Feb 17, 2025
Version 1
Quadrupole Non-Selective Pulse Width Optimization V.1
This protocol is a draft, published without a DOI.
- Alexander L. Paterson1
- 1National Magnetic Resonance Facility at Madison (NMRFAM), University of Wisconsin-Madison, Madison, WI, United States
Protocol Citation: Alexander L. Paterson 2025. Quadrupole Non-Selective Pulse Width Optimization. protocols.io https://protocols.io/view/quadrupole-non-selective-pulse-width-optimization-dzb972r6Version created by NMRFAM Facility
License: This is an open access protocol distributed under the terms of the Creative Commons Attribution License, which permits unrestricted use, distribution, and reproduction in any medium, provided the original author and source are credited
Protocol status: In development
We are still developing and optimizing this protocol. We intend to publish it in June 2025.
Created: January 13, 2025
Last Modified: February 17, 2025
Protocol Integer ID: 119905
Keywords: Materials Non-Selective Pulse Width Optimization: 23Na
Funders Acknowledgements:
National Science Foundation
Grant ID: 1946970
Abstract
Purpose
Calibration of non-selective 90° pulse width using a standard sample for a quadrupolar nucleus.
Scope
This protocol uses a standard sample with high sensitivity and low quadrupolar coupling constant. This can be a solid sample with negligible CQ (e.g., NaCl for 23Na) or a solution sample (e.g., 1 M NaCl for 23Na).
Guidelines
This SOP should be among the first executed when investigating a new sample.
This SOP is written to the level of an experienced NMR spectroscopist who is unfamiliar with the acquisition of spectra from quadrupolar nuclei.
Calibration and validation of a central transition-selective pulse is outside the scope of this SOP; CT-selective pulses should be calibrated on the sample of interest using SOP Materials Central-Transition-Selective Pulse Width Optimization.
Materials
Definitions:
- CT: Central Transition
- CQ: Quadrupolar coupling constant
Appendix:
The 360° zero crossing is less reliable in half-integer quadrupoles than in spin-1/2 nuclei. The 180° zero crossing point is preferred.
The nutation curve of will be non-sinusoidal if the relaxation delay d1 is too short; however, the 180° zero crossing should be reliable regardless of precise relaxation time.
Safety warnings
User should be familiar with the power limitations and duty cycle of the probe being used.
Before start
This protocol is intended for a high-symmetry standard sample with low CQ, such as NaCl for 23Na. A 1 M solution of an appropriate salt can also be used.

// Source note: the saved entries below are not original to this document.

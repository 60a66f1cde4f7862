// The bytes that come on the lines.
ghost use Rattle.std.specs.Prelude.{◌≡◌, ◌<◌, IfOk, length, take, drop};
ghost use Rattle.kms_host.specs.History.{HasFirst};
ghost use Rattle.kms_host.specs.Memory.{present, advanced, present_on, advanced_on};

use crate::{Bytes, NoMemory};
use std::alloc::Global;
use std::marker::Model;

/// What comes on a line, cut into pieces of one length.
#[derive(Drop)]
pub struct Input {
    bytes: Bytes,
    piece: usize,
    at: usize,
}

impl Model for Input {
    ghost use Rattle.std.specs.Prelude.{◌≤◌, ◌<◌, length};
    ghost use Rattle.kms_host.specs.Memory.{Source};

    ghost Value = { Source };

    ghost view = { λ i. record { bytes = i.bytes; piece = i.piece; at = i.at } };

    ghost invariant = { λ i. (i.at ≤ length i.bytes) × (0 < i.piece) };
}

impl Input {
    pub fn new(alloc: Global, bytes: &[u8], piece: usize) -> Result<Input, NoMemory>
        requires { 0 < piece }
        ensures { IfOk result (λ i. i ≡ record { bytes = bytes.now; piece = piece; at = 0 }) }
    {
        Ok(Input {
            bytes: Bytes::of(alloc, bytes)?,
            piece,
            at: 0,
        })
    }

    /// Gives the rest of the present piece, as far as it fits.
    pub fn take(&mut self, room: &mut [u8]) -> usize
        ensures first { HasFirst (present self.old) room.new result }
        ensures after { self.new ≡ advanced result self.old }
    {
        let rest = &self.bytes.as_slice()[self.at..];
        let count = fill(front(rest, self.piece - self.at % self.piece), room);
        self.at += count;
        count
    }
}

// The first bytes, as far as there are so many.
fn front(bytes: &[u8], count: usize) -> &[u8]
    ensures { result.now ≡ take count bytes.now }
{
    &bytes[..count.min(bytes.len())]
}

// Fills the room from its start on, as far as the bytes reach, and answers how far.
fn fill(bytes: &[u8], room: &mut [u8]) -> usize
    ensures { HasFirst bytes.now room.new result }
{
    let count = bytes.len().min(room.len());
    room[..count].copy_from_slice(&bytes[..count]);
    count
}

/// Gives the rest of the present piece of a line, as far as it fits. A line that was not added is at its end.
pub fn pull(inputs: &mut [Input], line: u32, room: &mut [u8]) -> usize
    ensures first { HasFirst (present_on line inputs.old) room.new result }
    ensures after { inputs.new ≡ advanced_on line result inputs.old }
{
    let line = line as usize;
    if line < inputs.len() {
        inputs[line].take(room)
    } else {
        0
    }
}
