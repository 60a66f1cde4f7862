// Random bytes of a host in memory: those that were listed, and after them a plain count.
ghost use Rattle.std.specs.Prelude.{◌≡◌, ◌≤◌, OnOk, OnErr, length};
ghost use Rattle.kms_host.specs.Memory.{undrawn, byte_after, AreDrawn, drawing, listing_bytes, draws_for, with_draws};

use crate::{NoMemory, Purpose};
use std::alloc::Global;
use std::marker::Model;

// The bytes that are drawn for one purpose.
#[derive(Drop)]
struct Stream {
    listed: Vec<u8>,
    count: u64,
}

impl Model for Stream {
    ghost use Rattle.kms_host.specs.Memory.{Draws};

    ghost Value = { Draws };

    ghost view = { λ s. record { listed = s.listed.items; count = s.count } };
}

impl Stream {
    fn new(alloc: Global) -> Stream
        ensures { result ≡ undrawn }
    {
        Stream {
            listed: Vec::new(alloc),
            count: 0,
        }
    }

    // Lists bytes after the others.
    fn list(&mut self, bytes: &[u8]) -> Result<(), NoMemory>
        ensures ok { OnOk result (self.new ≡ listing_bytes bytes.now self.old) }
        ensures err { OnErr result (self.new ≡ self.old) }
    {
        self.listed.extend_from_slice(bytes)?;
        Ok(())
    }

    // The byte that is drawn after so many.
    fn byte_after(&self, drawn: u64) -> u8
        ensures { result ≡ byte_after drawn self.now }
    {
        let place = self.count.saturating_add(drawn);
        let plain = (place % 256) as u8;
        self.listed.get(place as usize).copied().unwrap_or(plain)
    }

    // Fills the room with the bytes that come next.
    fn fill(&mut self, room: &mut [u8])
        ensures bytes { AreDrawn self.old room.new }
        ensures length { length room.new ≡ length room.old }
        ensures after { self.new ≡ drawing (length room.old) self.old }
    {
        for place in 0..room.len() {
            room[place] = self.byte_after(place as u64);
        }
        self.count = self.count.saturating_add(room.len() as u64);
    }
}

/// The bytes that are drawn, by purpose.
#[derive(Drop)]
pub struct Streams {
    tag: Stream,
    iv: Stream,
    project_key: Stream,
    order_key: Stream,
}

impl Model for Streams {
    ghost use Rattle.kms_host.specs.Memory.{Randoms};

    ghost Value = { Randoms };

    ghost view = { λ s. record { tag = s.tag; iv = s.iv; project_key = s.project_key; order_key = s.order_key } };
}

impl Streams {
    /// Nothing listed, nothing drawn.
    pub fn new(alloc: Global) -> Streams
        ensures { result ≡ record { tag = undrawn; iv = undrawn; project_key = undrawn; order_key = undrawn } }
    {
        Streams {
            tag: Stream::new(alloc),
            iv: Stream::new(alloc),
            project_key: Stream::new(alloc),
            order_key: Stream::new(alloc),
        }
    }

    /// Lists bytes for a purpose, after those that were listed for it before.
    pub fn list(&mut self, purpose: Purpose, bytes: &[u8]) -> Result<(), NoMemory>
        ensures ok { OnOk result (self.new ≡ with_draws purpose (listing_bytes bytes.now (draws_for purpose self.old)) self.old) }
        ensures err { OnErr result (self.new ≡ self.old) }
    {
        match purpose {
            Purpose::Tag => self.tag.list(bytes),
            Purpose::Iv => self.iv.list(bytes),
            Purpose::ProjectKey => self.project_key.list(bytes),
            Purpose::OrderKey => self.order_key.list(bytes),
        }
    }

    /// Fills the room with the bytes that come next for a purpose.
    pub fn fill(&mut self, purpose: Purpose, room: &mut [u8])
        ensures bytes { AreDrawn (draws_for purpose self.old) room.new }
        ensures length { length room.new ≡ length room.old }
        ensures after { self.new ≡ with_draws purpose (drawing (length room.old) (draws_for purpose self.old)) self.old }
    {
        match purpose {
            Purpose::Tag => self.tag.fill(room),
            Purpose::Iv => self.iv.fill(room),
            Purpose::ProjectKey => self.project_key.fill(room),
            Purpose::OrderKey => self.order_key.fill(room),
        }
    }
}
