// Key files by their names.
ghost use Rattle.std.specs.Prelude.{◌≡◌, None, if◌then◌else◌, option_copied, find};
ghost use Rattle.std.specs.Str.{bytes_eq};
ghost use Rattle.kms_host.specs.KeyFiles.{named};

use crate::Bytes;

fn found<'a>(key_files: &'a [(Bytes, Bytes)], name: &str) -> Option<&'a (Bytes, Bytes)>
    ensures { option_copied result ≡ find (λ f. bytes_eq f.0 name.now) key_files.now }
{
    key_files
        .iter()
        .find(|file| file.0.as_slice() == name.as_bytes())
}

/// The text of the key file of this name, unless the call for it is refused.
pub fn text_of<'a>(key_files: &'a [(Bytes, Bytes)], name: &str, refused: bool) -> Option<&'a [u8]>
    ensures { option_copied result ≡ (if refused then None else named name.now key_files.now) }
{
    if refused {
        return None;
    }
    match found(key_files, name) {
        Some(file) => Some(file.1.as_slice()),
        None => None,
    }
}
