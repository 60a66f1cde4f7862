//! Runs of the program over a host in memory: what one is given, how it ends and what it leaves.
#![tactic(auto)]

mod row;
#[cfg(test)]
mod tests;

pub use row::{Row, made_and_served, ran};
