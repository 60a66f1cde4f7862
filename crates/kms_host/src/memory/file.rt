// One file of a store in memory: how it reads, and what was changed since its last sync.
ghost use Rattle.std.specs.Prelude.{◌≡◌, ◌⊎◌, ◌≤◌, ◌<◌, ◌+◌, ◌^◌, length, take, drop, Ok, IfOk, OnOk, OnErr, IsTrue, IsFalse, ℕ, if◌then◌else◌, slice_index};
ghost use Rattle.kms_host.specs.History.{HasFirst};
ghost use Rattle.kms_host.specs.Disk.{at_rest, after_cut, put, MayLeave};
ghost use Rattle.kms_host.specs.File.{HasWritten, IsPicked, is_outside, torn_byte};
ghost use Rattle.kms_host.specs.declared.memory.file.Written.TheVariants as written;

use crate::host::LENGTH_LIMIT;
use crate::{Bytes, NoMemory, Pick};
use std::alloc::Global;
use std::marker::Model;

/// How a write came out that was begun.
#[derive(Clone, Copy, PartialEq, Eq)]
pub enum Written {
    Done,
    /// It was to fail.
    Refused,
    /// There was no memory for the bytes.
    Starved,
}

/// One file of a store. The ranges that were written stand newest first.
#[derive(Drop)]
pub struct File {
    alloc: Global,
    reads: Vec<u8>,
    base: Vec<u8>,
    ranges: Vec<(u64, u64)>,
    shortest: u64,
    longest: u64,
}

impl Model for File {
    ghost use Rattle.kms_host.specs.Disk.{Disk};
    ghost use Rattle.kms_host.specs.File.{disk_of, IsSound};

    ghost Value = { Disk };

    ghost view = { disk_of };

    ghost invariant = { λ f. IsSound (disk_of f) };
}

impl File {
    /// A file with these bytes and nothing pending.
    pub fn of(alloc: Global, bytes: &[u8]) -> Result<File, NoMemory>
        ensures { IfOk result (λ f. f ≡ at_rest bytes.now) }
    {
        if bytes.len() as u64 >= LENGTH_LIMIT {
            return Err(NoMemory);
        }
        Ok(File {
            alloc,
            reads: bytes.to_vec(alloc)?,
            base: bytes.to_vec(alloc)?,
            ranges: Vec::new(alloc),
            shortest: bytes.len() as u64,
            longest: bytes.len() as u64,
        })
    }

    /// How the file reads.
    pub fn as_slice(&self) -> &[u8]
        ensures value { result.now ≡ self.now.reads }
        ensures image { MayLeave self.now self.now.reads }
        ensures bound { length result.now < 2 ^ 62 }
    {
        &self.reads
    }

    /// Writes a piece at a place, over what is there and past the file's end, unless the write is refused. In any case
    /// it is begun, but where there is no memory for saying so: then the file is as it was.
    pub fn write(&mut self, at: u64, piece: &[u8], refused: bool) -> Result<Written, NoMemory>
        requires within { at ≤ length self.old.reads }
        requires low { at < 2 ^ 62 }
        requires short { IsFalse refused → at + length piece.now < 2 ^ 62 }
        ensures after { HasWritten at piece.now result self.old self.new }
        ensures done { result ≡ Ok written.Done → IsFalse refused }
        ensures starved { result ≡ Ok written.Starved → IsFalse refused }
        ensures refused { result ≡ Ok written.Refused → IsTrue refused }
    {
        let end = at + piece.len() as u64;
        self.ranges.insert(0, (at, end))?;
        self.longest = self.longest.max(end);
        if refused {
            return Ok(Written::Refused);
        }
        match write_over(&mut self.reads, at as usize, piece) {
            Ok(()) => Ok(Written::Done),
            Err(NoMemory) => Ok(Written::Starved),
        }
    }

    /// Cuts the file to a length, unless the cut is refused. In any case it is begun.
    pub fn cut(&mut self, size: u64, refused: bool)
        requires { size ≤ length self.old.reads }
        ensures { self.new ≡ after_cut self.old size (if refused then self.old.reads else take size self.old.reads) }
    {
        self.shortest = self.shortest.min(size);
        if !refused {
            self.reads.truncate(size as usize);
        }
    }

    /// Brings everything to the disk. Out of memory leaves the file as it was.
    pub fn sync(&mut self) -> Result<(), NoMemory>
        ensures ok { OnOk result (self.new ≡ at_rest self.old.reads) }
        ensures err { OnErr result (self.new ≡ self.old) }
    {
        self.base = self.reads.to_vec(self.alloc)?;
        self.ranges.truncate(0);
        self.shortest = self.reads.len() as u64;
        self.longest = self.reads.len() as u64;
        Ok(())
    }

    /// The image that is picked, which is one that a stop may leave.
    pub fn image(&self, pick: Pick) -> Result<Bytes, NoMemory>
        ensures picked { IfOk result (IsPicked pick self.now) }
        ensures image { IfOk result (MayLeave self.now) }
    {
        match pick {
            Pick::Kept => Bytes::of(self.alloc, &self.reads),
            Pick::Lost => Bytes::of(self.alloc, &self.base),
            Pick::Torn(value) => Bytes::of(self.alloc, &self.torn(value)?),
        }
    }

    // The greatest length, and this value wherever something was written since the last sync.
    fn torn(&self, value: u8) -> Result<Vec<u8>, NoMemory>
        ensures { IfOk result (λ image. (length image.items ≡ self.now.longest)
            × ((k : ℕ) → k < length image.items → slice_index image.items k ≡ torn_byte value self.now k)) }
    {
        let mut image = Vec::new(self.alloc);
        for at in 0..self.longest {
            image.push(self.torn_byte(at, value))?;
        }
        Ok(image)
    }

    fn torn_byte(&self, at: u64, value: u8) -> u8
        ensures { result ≡ torn_byte value self.now at }
    {
        if at < self.base.len() as u64 && is_outside(&self.ranges, at) {
            self.base[at as usize]
        } else {
            value
        }
    }
}

// Writes a piece over the bytes from a place on, and past their end. Out of memory leaves them as they were.
fn write_over(bytes: &mut Vec<u8>, at: usize, piece: &[u8]) -> Result<(), NoMemory>
    requires { at ≤ length bytes.old.items }
    ensures ok { OnOk result (bytes.new.items ≡ put bytes.old.items at piece.now) }
    ensures err { OnErr result (bytes.new.items ≡ bytes.old.items) }
{
    let over = piece.len().min(bytes.len() - at);
    bytes.extend_from_slice(&piece[over..])?;
    bytes[at..at + over].copy_from_slice(&piece[..over]);
    Ok(())
}

// The place is in none of the ranges.
fn is_outside(ranges: &[(u64, u64)], at: u64) -> bool
    ensures { result ≡ is_outside at ranges.now }
{
    ranges.iter().all(|range| at < range.0 || range.1 <= at)
}

/// Fills the room from a place of the bytes on, as far as they reach, and answers how far.
pub fn fill_from(bytes: &[u8], at: usize, room: &mut [u8]) -> usize
    ensures first { HasFirst (drop at bytes.now) room.new result }
    ensures bound { result ≤ length room.new }
{
    let rest = &bytes[at.min(bytes.len())..];
    let count = rest.len().min(room.len());
    room[..count].copy_from_slice(&rest[..count]);
    count
}
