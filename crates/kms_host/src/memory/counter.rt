// Calls of one kind: how many there were, which of them are to fail, and how many failed.
ghost use Rattle.std.specs.Prelude.{◌≡◌, ◌≤◌, OnOk, OnErr, if◌then◌else◌};
ghost use Rattle.kms_host.specs.Memory.{fails_next, called, listing, fused, uncounted, is_past, next};

use crate::NoMemory;
use std::alloc::Global;
use std::marker::Model;

#[derive(Drop)]
pub struct Counter {
    calls: u64,
    failing: Vec<u64>,
    fuse: Option<u64>,
    faults: u64,
}

impl Model for Counter {
    ghost use Rattle.kms_host.specs.Memory.{Counted};

    ghost Value = { Counted };

    ghost view = { λ c. record { calls = c.calls; failing = c.failing.items; fuse = c.fuse; faults = c.faults } };
}

impl Counter {
    pub fn new(alloc: Global) -> Counter
        ensures { result ≡ uncounted }
    {
        Counter {
            calls: 0,
            failing: Vec::new(alloc),
            fuse: None,
            faults: 0,
        }
    }

    /// Lets the nth call fail, from 1.
    pub fn fail(&mut self, nth: u64) -> Result<(), NoMemory>
        ensures ok { OnOk result (self.new ≡ listing nth self.old) }
        ensures err { OnErr result (self.new ≡ self.old) }
    {
        self.failing.push(nth)?;
        Ok(())
    }

    /// Lets so many calls more pass, and no later one.
    pub fn set_fuse(&mut self, passing: u64)
        ensures after { self.new ≡ fused passing self.old }
        ensures faults { self.new.faults ≡ self.old.faults }
    {
        self.fuse = Some(self.calls.saturating_add(passing));
    }

    /// Counts a call, and says whether it is to fail. One that is to fail is counted as a fault too.
    pub fn refuses(&mut self) -> bool
        ensures listed { result ≡ fails_next self.old }
        ensures after { self.new ≡ called result self.old }
        ensures later { self.old.faults ≤ self.new.faults }
    {
        self.calls = self.calls.saturating_add(1);
        let refused = is_past(self.calls, self.fuse) || self.failing.contains(&self.calls);
        if refused {
            self.faults = self.faults.saturating_add(1);
        }
        refused
    }

    /// Counts a fault of the call that was counted last.
    pub fn count_fault(&mut self)
        ensures after { self.new ≡ record self.old { faults = next self.old.faults } }
        ensures later { self.old.faults ≤ self.new.faults }
    {
        self.faults = self.faults.saturating_add(1);
    }
}

/// Counts a fault of the call that was counted last, but where it was counted as one already.
pub fn count_fault(counter: &mut Counter, counted: bool)
    ensures after { counter.new ≡ (if counted then counter.old else record counter.old { faults = next counter.old.faults }) }
    ensures later { counter.old.faults ≤ counter.new.faults }
{
    if !counted {
        counter.count_fault();
    }
}

// A call of this number comes after the last one that passes.
fn is_past(call: u64, fuse: Option<u64>) -> bool
    ensures { result ≡ is_past call fuse }
{
    match fuse {
        None => false,
        Some(last) => last < call,
    }
}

Probe must be well-tuned and well-matched.
SOP written for Bruker spectrometers.
Expected completion time: <1 hour
Procedure
Procedure
Open a new experiment window and load the zg pulse sequence.
Load previously known good pulse length p1 and pulse power plw1.
Note
If previously known good values aren't available, a reasonable starting point is a 1 μs pulse using a power level from a nearby nucleus, e.g. 13C and 23Na.
Safety information
If there is no information at all on previously known pulse lengths and powers in this frequency range, consult the local expert responsible for the probe being used. If you are that expert and need guidance, consult with the probe vendor.
Acquire an initial spectrum and ensure that there is adequate signal. If signal is inadequate, increase the number of scans and repeat this step.
Open a popt window.
Array pulse width p1 from 1.0 μs to 8 μs in steps of 0.5 μs. There should be 15 experiments.
Run the popt and observe the nutation curve.
Determine the 90° pulse length by finding the pulse length corresponding to the 180° zero crossing point and dividing it by 2.
If a more accurate determination is required, popt can be run again with revised start, end, and step values.
Set p1 to this value.
If a particular radiofrequency power is desired, use the pulse au program to estimate the amplifier power required and optimize the pulse power plw1 using popt.
Confirm the pulse power limitations of the probe prior to optimizing plw1 and ensure that the optimization routine will not allow for the power limit to be exceeded.
Repeat this protocol until the pulse length and power are optimized to the level required.
Protocol references
Wasylishen, R. E.; Ashbrook, S. E.; Wimperis, S. NMR of Quadrupolar Nuclei in Solid Materials; WILEY, 2012-08-07.